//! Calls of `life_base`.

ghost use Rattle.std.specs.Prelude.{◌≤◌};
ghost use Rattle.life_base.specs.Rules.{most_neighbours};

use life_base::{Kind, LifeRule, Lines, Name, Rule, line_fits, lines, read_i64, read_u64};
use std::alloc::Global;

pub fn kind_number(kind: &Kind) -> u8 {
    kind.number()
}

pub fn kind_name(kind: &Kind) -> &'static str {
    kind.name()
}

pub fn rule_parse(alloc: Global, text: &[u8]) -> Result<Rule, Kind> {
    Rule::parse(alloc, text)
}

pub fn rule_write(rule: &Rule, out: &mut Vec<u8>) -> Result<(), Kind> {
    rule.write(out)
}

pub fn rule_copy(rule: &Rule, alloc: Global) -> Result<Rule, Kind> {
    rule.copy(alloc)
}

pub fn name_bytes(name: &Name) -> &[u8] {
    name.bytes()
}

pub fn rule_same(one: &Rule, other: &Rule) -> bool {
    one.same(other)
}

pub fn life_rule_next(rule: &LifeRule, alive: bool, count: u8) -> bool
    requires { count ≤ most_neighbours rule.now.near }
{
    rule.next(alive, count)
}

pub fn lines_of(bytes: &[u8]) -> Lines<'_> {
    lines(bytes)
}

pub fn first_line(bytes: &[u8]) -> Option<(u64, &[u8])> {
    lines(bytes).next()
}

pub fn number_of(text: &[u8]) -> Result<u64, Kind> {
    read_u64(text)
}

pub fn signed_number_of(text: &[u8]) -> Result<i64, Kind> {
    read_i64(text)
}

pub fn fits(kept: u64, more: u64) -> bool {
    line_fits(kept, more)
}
##############################
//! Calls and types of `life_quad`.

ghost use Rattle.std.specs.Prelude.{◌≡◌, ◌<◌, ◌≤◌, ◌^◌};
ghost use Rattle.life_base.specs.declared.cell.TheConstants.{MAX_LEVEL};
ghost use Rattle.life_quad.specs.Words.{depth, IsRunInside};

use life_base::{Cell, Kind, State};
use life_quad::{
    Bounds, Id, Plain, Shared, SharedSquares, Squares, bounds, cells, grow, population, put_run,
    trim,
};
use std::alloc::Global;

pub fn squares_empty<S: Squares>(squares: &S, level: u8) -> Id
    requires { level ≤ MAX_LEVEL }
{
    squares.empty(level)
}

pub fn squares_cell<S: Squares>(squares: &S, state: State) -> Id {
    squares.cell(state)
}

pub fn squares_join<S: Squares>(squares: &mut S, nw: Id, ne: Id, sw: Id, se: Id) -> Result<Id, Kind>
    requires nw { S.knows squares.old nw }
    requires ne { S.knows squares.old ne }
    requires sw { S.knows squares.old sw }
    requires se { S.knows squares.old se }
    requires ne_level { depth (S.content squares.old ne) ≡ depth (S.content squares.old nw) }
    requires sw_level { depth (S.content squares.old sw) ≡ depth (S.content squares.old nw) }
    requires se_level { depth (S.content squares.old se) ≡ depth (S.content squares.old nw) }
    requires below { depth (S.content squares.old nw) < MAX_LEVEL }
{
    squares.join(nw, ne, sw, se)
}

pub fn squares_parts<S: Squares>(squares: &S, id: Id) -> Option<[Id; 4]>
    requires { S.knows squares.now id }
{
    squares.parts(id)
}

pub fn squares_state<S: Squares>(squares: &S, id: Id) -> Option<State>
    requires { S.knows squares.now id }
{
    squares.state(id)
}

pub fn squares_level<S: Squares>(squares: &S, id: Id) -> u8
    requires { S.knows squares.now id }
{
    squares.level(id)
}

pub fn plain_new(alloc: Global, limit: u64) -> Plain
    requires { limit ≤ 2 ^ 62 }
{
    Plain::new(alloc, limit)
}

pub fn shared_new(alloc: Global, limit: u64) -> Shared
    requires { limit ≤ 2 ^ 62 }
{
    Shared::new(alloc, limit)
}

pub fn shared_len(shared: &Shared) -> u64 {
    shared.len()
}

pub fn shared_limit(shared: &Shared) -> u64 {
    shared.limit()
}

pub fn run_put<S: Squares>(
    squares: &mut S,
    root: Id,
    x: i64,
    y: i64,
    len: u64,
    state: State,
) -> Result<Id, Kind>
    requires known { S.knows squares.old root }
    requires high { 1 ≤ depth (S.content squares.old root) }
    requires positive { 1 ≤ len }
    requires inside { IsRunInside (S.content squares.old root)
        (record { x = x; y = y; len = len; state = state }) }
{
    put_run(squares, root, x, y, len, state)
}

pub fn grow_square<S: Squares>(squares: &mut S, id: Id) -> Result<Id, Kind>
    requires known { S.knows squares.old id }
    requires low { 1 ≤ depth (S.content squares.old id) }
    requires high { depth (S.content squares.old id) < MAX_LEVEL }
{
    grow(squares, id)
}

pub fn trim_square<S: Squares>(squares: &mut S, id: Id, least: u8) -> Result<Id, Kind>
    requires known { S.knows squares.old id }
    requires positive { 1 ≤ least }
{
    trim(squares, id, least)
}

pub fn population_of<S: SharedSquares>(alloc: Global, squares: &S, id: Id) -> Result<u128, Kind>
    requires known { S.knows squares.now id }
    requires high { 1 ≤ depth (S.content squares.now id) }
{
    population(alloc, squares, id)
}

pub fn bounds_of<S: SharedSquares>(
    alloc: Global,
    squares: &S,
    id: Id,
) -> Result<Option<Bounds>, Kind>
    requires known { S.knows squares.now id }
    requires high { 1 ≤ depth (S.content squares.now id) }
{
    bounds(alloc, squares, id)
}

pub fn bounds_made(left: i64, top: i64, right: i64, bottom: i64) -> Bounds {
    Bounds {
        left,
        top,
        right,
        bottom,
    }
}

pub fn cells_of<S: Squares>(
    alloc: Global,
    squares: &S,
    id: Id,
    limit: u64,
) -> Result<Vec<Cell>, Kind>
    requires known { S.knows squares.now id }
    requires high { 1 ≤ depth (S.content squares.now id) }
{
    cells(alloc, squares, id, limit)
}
##############################
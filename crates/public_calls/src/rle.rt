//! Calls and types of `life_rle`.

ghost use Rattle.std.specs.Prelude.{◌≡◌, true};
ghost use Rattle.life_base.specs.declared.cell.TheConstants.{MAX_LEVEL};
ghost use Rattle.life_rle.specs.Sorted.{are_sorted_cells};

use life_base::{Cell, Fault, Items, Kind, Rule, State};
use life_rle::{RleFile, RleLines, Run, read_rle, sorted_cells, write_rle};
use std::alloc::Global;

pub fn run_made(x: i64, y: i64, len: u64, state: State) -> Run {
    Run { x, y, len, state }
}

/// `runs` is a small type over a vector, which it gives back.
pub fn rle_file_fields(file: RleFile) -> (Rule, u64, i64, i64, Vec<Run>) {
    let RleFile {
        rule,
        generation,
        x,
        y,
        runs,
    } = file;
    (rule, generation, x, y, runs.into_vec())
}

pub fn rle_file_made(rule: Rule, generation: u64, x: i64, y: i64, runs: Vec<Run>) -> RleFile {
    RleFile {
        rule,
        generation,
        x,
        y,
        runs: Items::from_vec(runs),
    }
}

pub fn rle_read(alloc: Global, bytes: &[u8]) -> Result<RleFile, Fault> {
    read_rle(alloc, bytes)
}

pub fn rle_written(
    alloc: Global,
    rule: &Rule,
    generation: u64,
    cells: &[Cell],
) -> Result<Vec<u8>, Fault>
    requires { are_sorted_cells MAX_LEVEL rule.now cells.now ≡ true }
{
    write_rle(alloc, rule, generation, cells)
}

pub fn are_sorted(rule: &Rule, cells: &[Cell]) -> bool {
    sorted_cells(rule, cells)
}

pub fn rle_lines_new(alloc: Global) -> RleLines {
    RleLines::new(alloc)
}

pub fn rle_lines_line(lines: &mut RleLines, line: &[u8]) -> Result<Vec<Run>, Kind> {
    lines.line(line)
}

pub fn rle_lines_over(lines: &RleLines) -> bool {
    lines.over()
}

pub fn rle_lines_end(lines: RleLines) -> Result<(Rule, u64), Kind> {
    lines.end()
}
##############################
Your objective → Beginning with the line holding "pub fn squares_empty<S: Squares>(squares: &S, level: u8)" and ending with the line holding "IsRunInside (S.content squares.old root)", write out the stretch of material above exactly; add no further lines.

Answer to this task →
pub fn squares_empty<S: Squares>(squares: &S, level: u8) -> Id
    requires { level ≤ MAX_LEVEL }
{
    squares.empty(level)
}

pub fn squares_cell<S: Squares>(squares: &S, state: State) -> Id {
    squares.cell(state)
}

pub fn squares_join<S: Squares>(squares: &mut S, nw: Id, ne: Id, sw: Id, se: Id) -> Result<Id, Kind>
    requires nw { S.knows squares.old nw }
    requires ne { S.knows squares.old ne }
    requires sw { S.knows squares.old sw }
    requires se { S.knows squares.old se }
    requires ne_level { depth (S.content squares.old ne) ≡ depth (S.content squares.old nw) }
    requires sw_level { depth (S.content squares.old sw) ≡ depth (S.content squares.old nw) }
    requires se_level { depth (S.content squares.old se) ≡ depth (S.content squares.old nw) }
    requires below { depth (S.content squares.old nw) < MAX_LEVEL }
{
    squares.join(nw, ne, sw, se)
}

pub fn squares_parts<S: Squares>(squares: &S, id: Id) -> Option<[Id; 4]>
    requires { S.knows squares.now id }
{
    squares.parts(id)
}

pub fn squares_state<S: Squares>(squares: &S, id: Id) -> Option<State>
    requires { S.knows squares.now id }
{
    squares.state(id)
}

pub fn squares_level<S: Squares>(squares: &S, id: Id) -> u8
    requires { S.knows squares.now id }
{
    squares.level(id)
}

pub fn plain_new(alloc: Global, limit: u64) -> Plain
    requires { limit ≤ 2 ^ 62 }
{
    Plain::new(alloc, limit)
}

pub fn shared_new(alloc: Global, limit: u64) -> Shared
    requires { limit ≤ 2 ^ 62 }
{
    Shared::new(alloc, limit)
}

pub fn shared_len(shared: &Shared) -> u64 {
    shared.len()
}

pub fn shared_limit(shared: &Shared) -> u64 {
    shared.limit()
}

pub fn run_put<S: Squares>(
    squares: &mut S,
    root: Id,
    x: i64,
    y: i64,
    len: u64,
    state: State,
) -> Result<Id, Kind>
    requires known { S.knows squares.old root }
    requires high { 1 ≤ depth (S.content squares.old root) }
    requires positive { 1 ≤ len }
    requires inside { IsRunInside (S.content squares.old root)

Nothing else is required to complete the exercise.